The technology behind a tube-powered distortion/overdrive/preamp pedal is not new, but ideas about how to optimize it for guitar-playing tone hounds have begun to take some unexpected twists and turns. The HT series of “pure valve distortion” pedals from the UK’s Blackstar Amplification offers a number of new twists on the basic idea. Among them are a dual valve, true high voltage circuit, a unique tone shaping feature, and an additional, speaker emulated output.
Presumably, the HT-Dual is so named because it has two footswitchable channels rather than one, like the rest of the HT series, making it somewhat more versatile. In reality, it’s effectively a 3-channel preamp, since channel 1 offers an additional clean/crunch option. This option is not footswitchable, so if you’re going to use the HT-Dual on your pedalboard, you’ll have to settle for two out of three (but that ain’t bad). You can set it to “clean” and use channel 1 as a boost for more volume or to push a tube amp into overdrive, or you can set it to “crunch” for a lower gain distortion flavor than channel 2.
As with all of the pedals in the HT series, Dual’s twin valve preamp design comes from Blackstar’s idea is that using two cascaded ECC83 (12AX7) triode stages for gain instead of one, and running the tubes at appropriate amp voltages (300V) instead of ‘starving’ them, will give the preamp pedal the same touch sensitivity and playing dynamics that you get when you plug straight into an all tube amp. I have to say that it doesn’t. I don’t mean that it’s not good, just that it’s not the same. The hybrid amps I’ve played smoke the solid-state modeling gear when it comes to achieving real tube amp feeling, but pedals still seem a bit further behind. So, while I haven’t played them all, I generally suspect such claims of being slightly exaggerated.
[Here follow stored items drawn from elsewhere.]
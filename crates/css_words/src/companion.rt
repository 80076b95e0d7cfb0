ghost use Rattle.std.specs.Prelude.{◌≡◌, ◌≤◌, ℕ, IfOk, IfSome, List, Ok, codes, map, string_bytes};
ghost use Rattle.clap.specs.Words.{found_of, rows_of};
ghost use Rattle.css_num.specs.Gives.{GivesBy};
ghost use Rattle.css_words.specs.Companion as companion;
ghost use Rattle.css_words.specs.Written.{AreWritable, IsWindow};
ghost use Rattle.css_words.specs.declared.fault.WordsFault.TheVariants as faults;

use crate::bounds::{earliest, latest};
use crate::fault::WordsFault;
use crate::options::{
    Matches, NumberOption, is_set, matches_of, number_or, text_given, text_given_or,
};
use crate::recorded::check_recorded;
use crate::tv::limit;
use crate::words::{CompanionOptions, CompanionWords};
use clap::ArgMatches;
use css_address::{Address, Kind, address};
use css_num::Text;
use css_tsmsg::Bound;
use std::alloc::Global;

pub static OPTIONS: [&str; 12] = [
    "cii",
    "selector",
    "stem",
    "reports",
    "turns",
    "seconds",
    "report-every",
    "ask-every",
    "local-error",
    "local-precision",
    "earliest",
    "latest",
];

pub static FLAGS: [&str; 1] = ["record"];

pub const REPORTS: NumberOption = NumberOption {
    name: "reports",
    default: 10,
    least: 1,
    most: 1_000_000,
};

pub const REPORT_EVERY: NumberOption = NumberOption {
    name: "report-every",
    default: 1_000_000_000,
    least: 1,
    most: 1_000_000_000_000,
};

pub const ASK_EVERY: NumberOption = NumberOption {
    name: "ask-every",
    default: 1_000_000_000,
    least: 1,
    most: 1_000_000_000_000,
};

pub const LOCAL_ERROR: NumberOption = NumberOption {
    name: "local-error",
    default: 128_000,
    least: 0,
    most: 2_560_000,
};

pub const LOCAL_PRECISION: NumberOption = NumberOption {
    name: "local-precision",
    default: 1_000,
    least: 0,
    most: 1_000_000_000,
};

/// The timeline of a companion that isn't told one.
pub const DEFAULT_SELECTOR: &str = "urn:dvb:css:timeline:pts";

// How many reports are made.
fn reports(matches: &ArgMatches<'_>) -> Result<u64, WordsFault>
    ensures value { result ≡ companion.reports (rows_of (found_of matches.now)) }
    ensures least { IfOk result (λ reports. 1 ≤ reports) }
    ensures most { IfOk result (λ reports. reports ≤ 1000000) }
{
    number_or(matches, REPORTS)
}

// The time between two reports in nanoseconds.
fn report_every(matches: &ArgMatches<'_>) -> Result<u64, WordsFault>
    ensures value { result ≡ companion.period (codes "report-every") (rows_of (found_of matches.now)) }
    ensures least { IfOk result (λ period. 1 ≤ period) }
    ensures most { IfOk result (λ period. period ≤ 1000000000000) }
{
    number_or(matches, REPORT_EVERY)
}

/// The time between two requests of the wall clock in nanoseconds.
pub fn ask_every(matches: &ArgMatches<'_>) -> Result<u64, WordsFault>
    ensures value { result ≡ companion.period (codes "ask-every") (rows_of (found_of matches.now)) }
    ensures least { IfOk result (λ period. 1 ≤ period) }
    ensures most { IfOk result (λ period. period ≤ 1000000000000) }
{
    number_or(matches, ASK_EVERY)
}

/// The greatest frequency error of its own clock.
pub fn local_error(matches: &ArgMatches<'_>) -> Result<u32, WordsFault>
    ensures value { result ≡ companion.local_error (rows_of (found_of matches.now)) }
    ensures most { IfOk result (λ error. error ≤ 2560000) }
{
    let error = number_or(matches, LOCAL_ERROR)?;
    Ok(error as u32)
}

/// The precision of a reading of its own clock.
pub fn local_precision(matches: &ArgMatches<'_>) -> Result<u64, WordsFault>
    ensures value { result ≡ companion.local_precision (rows_of (found_of matches.now)) }
    ensures most { IfOk result (λ precision. precision ≤ 1000000000) }
{
    number_or(matches, LOCAL_PRECISION)
}

// Both bounds, whose texts are these.
#[tactic(auto, unfolding(crate::specs::Companion::window))]
fn window(earliest_text: &str, latest_text: &str) -> Result<(Bound, Bound), WordsFault>
    ensures value { result ≡ companion.window earliest_text.now latest_text.now }
    ensures range { IfOk result IsWindow }
{
    let earliest = earliest(earliest_text)?;
    let latest = latest(latest_text)?;
    Ok((earliest, latest))
}

/// The earliest and the latest time of presentation, where both were given.
pub fn present(matches: &ArgMatches<'_>) -> Result<Option<(Bound, Bound)>, WordsFault>
    ensures value { result ≡ companion.present (rows_of (found_of matches.now)) }
    ensures range { IfOk result (λ present. IfSome present IsWindow) }
{
    match (
        text_given(matches, "earliest"),
        text_given(matches, "latest"),
    ) {
        (None, None) => Ok(None),
        (Some(earliest), Some(latest)) => Ok(Some(window(earliest, latest)?)),
        _ => Err(WordsFault::Usage),
    }
}

/// What the options ask of a companion.
#[tactic(auto, unfolding(crate::specs::Companion::options_in))]
pub fn options_in(alloc: Global, matches: &ArgMatches<'_>) -> Result<CompanionOptions, WordsFault>
    ensures value { GivesBy companion.options_of faults.Memory result
        (companion.options_in (rows_of (found_of matches.now))) }
    ensures writable { IfOk result AreWritable }
{
    let reports = reports(matches)?;
    let limit = limit(matches)?;
    let report_every = report_every(matches)?;
    let ask_every = ask_every(matches)?;
    let local_error = local_error(matches)?;
    let local_precision = local_precision(matches)?;
    let present = present(matches)?;
    let selector = text_given_or(matches, "selector", DEFAULT_SELECTOR);
    let selector = Text::of(alloc, selector.as_bytes())?;
    let stem = text_given_or(matches, "stem", "");
    let stem = Text::of(alloc, stem.as_bytes())?;
    Ok(CompanionOptions {
        selector,
        stem,
        reports,
        limit,
        report_every,
        ask_every,
        local_error,
        local_precision,
        present,
    })
}

/// Where the television's session of CSS-CII is dialled.
pub fn cii(alloc: Global, matches: &ArgMatches<'_>) -> Result<Address, WordsFault>
    ensures { GivesBy (λ address. address) faults.Memory result (companion.cii (rows_of (found_of matches.now))) }
{
    match text_given(matches, "cii") {
        None => Err(WordsFault::Usage),
        Some(text) => Ok(address(alloc, Kind::Cii, text.as_bytes())?),
    }
}

fn companion_matches<'a>(alloc: Global, words: &'a [String]) -> Result<Matches<'a>, WordsFault>
    ensures { GivesBy (λ matches. rows_of (found_of matches.all)) faults.Memory result
        (companion.companion_rows (map string_bytes words.entry.now)) }
{
    matches_of(alloc, OPTIONS.as_slice(), FLAGS.as_slice(), words)
}

// The companion that the matches of some words ask for.
#[tactic(auto, unfolding(crate::specs::Companion::companion_in))]
fn companion_from(alloc: Global, matches: &ArgMatches<'_>) -> Result<CompanionWords, WordsFault>
    ensures value { (words : List (List ℕ)) → companion.companion_rows words ≡ Ok (rows_of (found_of matches.now))
        → GivesBy companion.companion_of faults.Memory result (companion.companion_in words) }
    ensures writable { IfOk result (λ words. AreWritable words.options) }
{
    let cii = cii(alloc, matches)?;
    let options = options_in(alloc, matches)?;
    let recorded = is_set(matches, "record");
    check_recorded(recorded, options.selector.bytes(), options.stem.bytes())?;
    Ok(CompanionWords {
        cii,
        options,
        recorded,
    })
}

/// The companion that the words of `companion` ask for.
#[tactic(auto, unfolding(crate::specs::Companion::companion_in))]
pub fn companion_words(alloc: Global, words: &[String]) -> Result<CompanionWords, WordsFault>
    ensures value { GivesBy companion.companion_of faults.Memory result
        (companion.companion_in (map string_bytes words.now)) }
    ensures writable { IfOk result (λ words. AreWritable words.options) }
{
    let matches = companion_matches(alloc, words)?;
    companion_from(alloc, &matches.all)
}
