//! What is proved of command lines. Each law is the contract of a function that does nothing.

ghost use Rattle.css_words.specs.Laws.{CompanionsCanBeTold, SchedulesCanBeTold, UnknownOptionsAreUsage};

/// `--NAME` and `--NAME=VALUE` make a command line one of no command, wherever they stand, where the command has no
/// option of just this name: neither a beginning of a name nor `--help` is one.
pub fn unknown_options_are_usage()
    ensures { UnknownOptionsAreUsage }
{}

/// Every seed from 0 to 2^63 - 1 can be told, and every number of lines from 9 to 200,000.
pub fn schedules_can_be_told()
    ensures { SchedulesCanBeTold }
{}

/// So can every number of companions from 2 to 16, where there are at least 4 lines and 6 for each of them.
pub fn companions_can_be_told()
    ensures { CompanionsCanBeTold }
{}
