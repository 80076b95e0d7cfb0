ghost use Rattle.std.specs.Prelude.{◌≡◌, ◌≤◌, ℕ, IfOk, List, Ok, map, string_bytes};
ghost use Rattle.std.specs.Str.{IsUtf8};
ghost use Rattle.clap.specs.Words.{found_of, rows_of};
ghost use Rattle.css_num.specs.Gives.{GivesBy};
ghost use Rattle.css_outside.specs.Limits.{IsLimit};
ghost use Rattle.css_words.specs.Watch as watch;
ghost use Rattle.css_words.specs.declared.fault.WordsFault.TheVariants as faults;

use crate::companion::{cii, options_in};
use crate::fault::WordsFault;
use crate::options::{Matches, matches_of};
use crate::words::WatchWords;
use clap::ArgMatches;
use css_outside::Limit;
use std::alloc::Global;

pub static OPTIONS: [&str; 8] = [
    "cii",
    "selector",
    "stem",
    "seconds",
    "report-every",
    "ask-every",
    "local-error",
    "local-precision",
];

/// How long a watch lasts that isn't told: a day.
const DEFAULT_SECONDS: u64 = 86_400;

// How many seconds a watch lasts. It has no option for turns, so that those are the default of a companion.
fn seconds_of(limit: Limit) -> u64
    requires { IsLimit limit }
    ensures value { result ≡ watch.seconds_of limit }
    ensures least { 1 ≤ result }
    ensures most { result ≤ 31536000 }
{
    match limit {
        Limit::Turns(_) => DEFAULT_SECONDS,
        Limit::Seconds(seconds) => seconds,
    }
}

fn watch_matches<'a>(alloc: Global, words: &'a [String]) -> Result<Matches<'a>, WordsFault>
    ensures { GivesBy (λ matches. rows_of (found_of matches.all)) faults.Memory result
        (watch.watch_rows (map string_bytes words.entry.now)) }
{
    matches_of(alloc, OPTIONS.as_slice(), &[], words)
}

// The watch that the matches of some words ask for.
#[tactic(auto, unfolding(crate::specs::Watch::watch_in))]
fn watch_from(alloc: Global, matches: &ArgMatches<'_>) -> Result<WatchWords, WordsFault>
    ensures value { (words : List (List ℕ)) → watch.watch_rows words ≡ Ok (rows_of (found_of matches.now))
        → GivesBy watch.watch_of faults.Memory result (watch.watch_in words) }
    ensures selector { IfOk result (λ words. IsUtf8 words.selector) }
    ensures stem { IfOk result (λ words. IsUtf8 words.stem) }
{
    let cii = cii(alloc, matches)?;
    let options = options_in(alloc, matches)?;
    let seconds = seconds_of(options.limit);
    Ok(WatchWords {
        cii,
        selector: options.selector,
        stem: options.stem,
        seconds,
        report_every: options.report_every,
        ask_every: options.ask_every,
        local_error: options.local_error,
        local_precision: options.local_precision,
    })
}

/// The watch that the words of `watch` ask for.
#[tactic(auto, unfolding(crate::specs::Watch::watch_in))]
pub fn watch_words(alloc: Global, words: &[String]) -> Result<WatchWords, WordsFault>
    ensures value { GivesBy watch.watch_of faults.Memory result (watch.watch_in (map string_bytes words.now)) }
    ensures selector { IfOk result (λ words. IsUtf8 words.selector) }
    ensures stem { IfOk result (λ words. IsUtf8 words.stem) }
{
    let matches = watch_matches(alloc, words)?;
    watch_from(alloc, &matches.all)
}
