ghost use Rattle.std.specs.Prelude.{◌≡◌};
ghost use Rattle.std.specs.List.{list_all};
ghost use Rattle.css_words.specs.Recorded as recorded;

use crate::fault::WordsFault;

// Whether each byte is from `!` to `~`.
fn are_graphic(bytes: &[u8]) -> bool
    ensures { result ≡ list_all recorded.is_graphic bytes.now }
{
    bytes.iter().all(|byte| b'!' <= *byte && *byte <= b'~')
}

// Whether there is a byte, and each is from `!` to `~`.
fn is_word(bytes: &[u8]) -> bool
    ensures { result ≡ recorded.is_word bytes.now }
{
    !bytes.is_empty() && are_graphic(bytes)
}

// Whether the stem is empty, or a word other than `-`. A record has `-` for the empty one.
fn is_stem(bytes: &[u8]) -> bool
    ensures { result ≡ recorded.is_stem bytes.now }
{
    bytes.is_empty() || (is_word(bytes) && bytes != b"-".as_slice())
}

/// That the header of a record can name the selector and the stem, where the run is recorded.
pub fn check_recorded(is_recorded: bool, selector: &[u8], stem: &[u8]) -> Result<(), WordsFault>
    ensures { result ≡ recorded.checked is_recorded selector.now stem.now }
{
    if !is_recorded {
        return Ok(());
    }
    if is_word(selector) && is_stem(stem) {
        return Ok(());
    }
    Err(WordsFault::Usage)
}
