ghost use Rattle.std.specs.Prelude.{◌≡◌, ◌<◌, ◌^◌, IfOk, IfSome, option_map, position, unsigned_abs};
ghost use Rattle.css_tsmsg.specs.Presentations.{IsEarliest, IsLatest};
ghost use Rattle.css_words.specs.Bounds as bounds;

use crate::fault::WordsFault;
use css_num::{signed_number, whole_number};
use css_tsmsg::Bound;

/// The digits that a tick has at most.
const TICK_DIGITS: u32 = 18;

/// A wall time is below this, in nanoseconds.
const WALL_LIMIT: u64 = 1 << 63;

// Where the first comma is.
fn first_comma(bytes: &[u8]) -> Option<usize>
    ensures { result ≡ position bounds.is_comma bytes.now }
{
    bytes.iter().position(|byte| *byte == b',')
}

// What stands before the first comma and after it.
fn halves(bytes: &[u8]) -> Option<(&[u8], &[u8])>
    ensures { option_map (λ halves. (halves.0.now, halves.1.now)) result ≡ bounds.halves bytes.now }
{
    let comma = first_comma(bytes)?;
    Some((&bytes[..comma], &bytes[comma + 1..]))
}

// A tick of at most 18 digits.
fn tick(word: &[u8]) -> Result<i64, WordsFault>
    ensures value { result ≡ bounds.tick word.now }
    ensures small { IfOk result (λ tick. unsigned_abs tick < 10 ^ 18) }
{
    let tick = signed_number(word, TICK_DIGITS).ok_or(WordsFault::Usage)?;
    Ok(tick)
}

// A wall time below 2^63 ns, and None where the word is the infinite one.
fn wall_time(word: &[u8], infinite: &[u8]) -> Result<Option<u64>, WordsFault>
    ensures value { result ≡ bounds.wall_time infinite.now word.now }
    ensures small { IfOk result (λ wall. IfSome wall (λ wall. wall < 2 ^ 63)) }
{
    if word == infinite {
        return Ok(None);
    }
    let wall = whole_number(word, WALL_LIMIT).ok_or(WordsFault::Usage)?;
    Ok(Some(wall))
}

// The tick and the wall time that a text spells.
#[tactic(auto, unfolding(crate::specs::Bounds::times))]
fn times(text: &[u8], infinite: &[u8]) -> Result<(i64, Option<u64>), WordsFault>
    ensures value { result ≡ bounds.times infinite.now text.now }
    ensures tick { IfOk result (λ times. unsigned_abs times.0 < 10 ^ 18) }
    ensures wall { IfOk result (λ times. IfSome times.1 (λ wall. wall < 2 ^ 63)) }
{
    let Some((before, after)) = halves(text) else {
        return Err(WordsFault::Usage);
    };
    let tick = tick(before)?;
    let wall = wall_time(after, infinite)?;
    Ok((tick, wall))
}

/// The earliest time at which a companion can present: a tick, a comma, and a wall time or `minusinfinity`.
#[tactic(auto, unfolding(crate::specs::Bounds::earliest))]
pub fn earliest(text: &str) -> Result<Bound, WordsFault>
    ensures value { result ≡ bounds.earliest text.now }
    ensures range { IfOk result IsEarliest }
{
    let (content, wall) = times(text.as_bytes(), b"minusinfinity")?;
    match wall {
        Some(wall) => Ok(Bound::At { content, wall }),
        None => Ok(Bound::MinusInfinity { content }),
    }
}

/// The latest time at which a companion can present: a tick, a comma, and a wall time or `plusinfinity`.
#[tactic(auto, unfolding(crate::specs::Bounds::latest))]
pub fn latest(text: &str) -> Result<Bound, WordsFault>
    ensures value { result ≡ bounds.latest text.now }
    ensures range { IfOk result IsLatest }
{
    let (content, wall) = times(text.as_bytes(), b"plusinfinity")?;
    match wall {
        Some(wall) => Ok(Bound::At { content, wall }),
        None => Ok(Bound::PlusInfinity { content }),
    }
}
Tone-wise it’s not much of a shortfall. Both of the HT-Dual’s overdrive channels have really great grind, and rich, “tubey” harmonic distortion. They don’t have exactly the same glassy-smooth compression, and they don’t bark the same way a tube amp does. Even though it sounds very close – and this makes the HT-Dual a real contender in my mind – it doesn’t feel exactly the same, and that affects the way I play. I know that other manufacturers of similar devices have made similar claims about different designs, and while I’m sure that somewhere right now a fierce controversy rages over which method best brings real tube texture to life, I have to believe a discussion of something as subjective as tone should always recognize that different players want different things. And what the HT-Dual lacks in dynamic sensitivity, it seems to make up for in the tonal quality of its distortion and the precision of its tone shaping.